• **Data provided**
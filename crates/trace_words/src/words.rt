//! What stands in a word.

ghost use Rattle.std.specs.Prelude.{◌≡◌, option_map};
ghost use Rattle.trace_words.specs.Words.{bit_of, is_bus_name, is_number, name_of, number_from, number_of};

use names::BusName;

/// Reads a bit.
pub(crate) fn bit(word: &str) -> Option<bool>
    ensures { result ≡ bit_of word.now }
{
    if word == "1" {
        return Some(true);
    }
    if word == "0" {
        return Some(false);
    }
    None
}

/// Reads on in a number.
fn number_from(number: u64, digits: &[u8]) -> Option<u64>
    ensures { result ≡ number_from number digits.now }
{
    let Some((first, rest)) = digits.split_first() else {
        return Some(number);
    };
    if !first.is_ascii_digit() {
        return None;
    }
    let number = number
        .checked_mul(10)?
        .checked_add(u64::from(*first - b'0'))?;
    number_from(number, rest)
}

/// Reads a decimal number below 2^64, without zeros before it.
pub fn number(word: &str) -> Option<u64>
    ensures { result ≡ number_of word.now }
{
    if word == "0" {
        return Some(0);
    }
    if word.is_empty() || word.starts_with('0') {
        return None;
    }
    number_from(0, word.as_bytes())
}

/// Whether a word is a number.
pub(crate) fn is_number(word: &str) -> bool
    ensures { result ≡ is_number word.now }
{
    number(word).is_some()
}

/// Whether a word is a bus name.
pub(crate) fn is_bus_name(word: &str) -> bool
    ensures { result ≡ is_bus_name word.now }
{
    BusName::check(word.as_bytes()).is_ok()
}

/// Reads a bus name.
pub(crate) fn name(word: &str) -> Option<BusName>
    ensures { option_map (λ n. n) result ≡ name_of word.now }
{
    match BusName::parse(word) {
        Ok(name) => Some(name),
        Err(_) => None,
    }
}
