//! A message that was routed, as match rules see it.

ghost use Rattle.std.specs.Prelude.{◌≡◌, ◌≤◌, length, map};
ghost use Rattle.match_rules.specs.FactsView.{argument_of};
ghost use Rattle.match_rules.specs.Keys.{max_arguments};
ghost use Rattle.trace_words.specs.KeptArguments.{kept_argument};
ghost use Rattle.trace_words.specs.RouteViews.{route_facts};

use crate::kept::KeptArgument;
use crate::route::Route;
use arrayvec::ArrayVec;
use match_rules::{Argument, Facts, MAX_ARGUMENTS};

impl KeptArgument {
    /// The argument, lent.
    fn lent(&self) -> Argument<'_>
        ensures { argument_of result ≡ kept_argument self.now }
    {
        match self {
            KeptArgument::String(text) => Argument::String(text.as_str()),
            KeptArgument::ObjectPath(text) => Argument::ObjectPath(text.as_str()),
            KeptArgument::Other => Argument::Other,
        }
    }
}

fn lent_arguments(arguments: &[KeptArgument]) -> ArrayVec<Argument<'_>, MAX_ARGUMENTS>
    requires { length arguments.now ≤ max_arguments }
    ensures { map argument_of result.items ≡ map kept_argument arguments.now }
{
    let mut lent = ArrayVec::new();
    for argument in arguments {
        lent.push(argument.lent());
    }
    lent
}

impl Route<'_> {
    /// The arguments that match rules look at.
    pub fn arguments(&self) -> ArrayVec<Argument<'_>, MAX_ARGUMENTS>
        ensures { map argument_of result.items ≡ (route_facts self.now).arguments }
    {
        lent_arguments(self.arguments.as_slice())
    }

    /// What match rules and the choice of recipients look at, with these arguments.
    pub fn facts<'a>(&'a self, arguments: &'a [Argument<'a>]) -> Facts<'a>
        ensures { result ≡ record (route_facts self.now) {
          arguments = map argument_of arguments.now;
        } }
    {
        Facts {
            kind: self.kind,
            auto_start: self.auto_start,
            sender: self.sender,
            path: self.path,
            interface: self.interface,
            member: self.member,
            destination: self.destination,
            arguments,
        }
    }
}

• **Assignment**
Exactly the lines above from the one with "pub fn number(word: &str) -> Option<u64>" to the one with "is a number.", both included, are to be quoted; leave the rest out.

• **Written reply**
pub fn number(word: &str) -> Option<u64>
    ensures { result ≡ number_of word.now }
{
    if word == "0" {
        return Some(0);
    }
    if word.is_empty() || word.starts_with('0') {
        return None;
    }
    number_from(0, word.as_bytes())
}

/// Whether a word is a number.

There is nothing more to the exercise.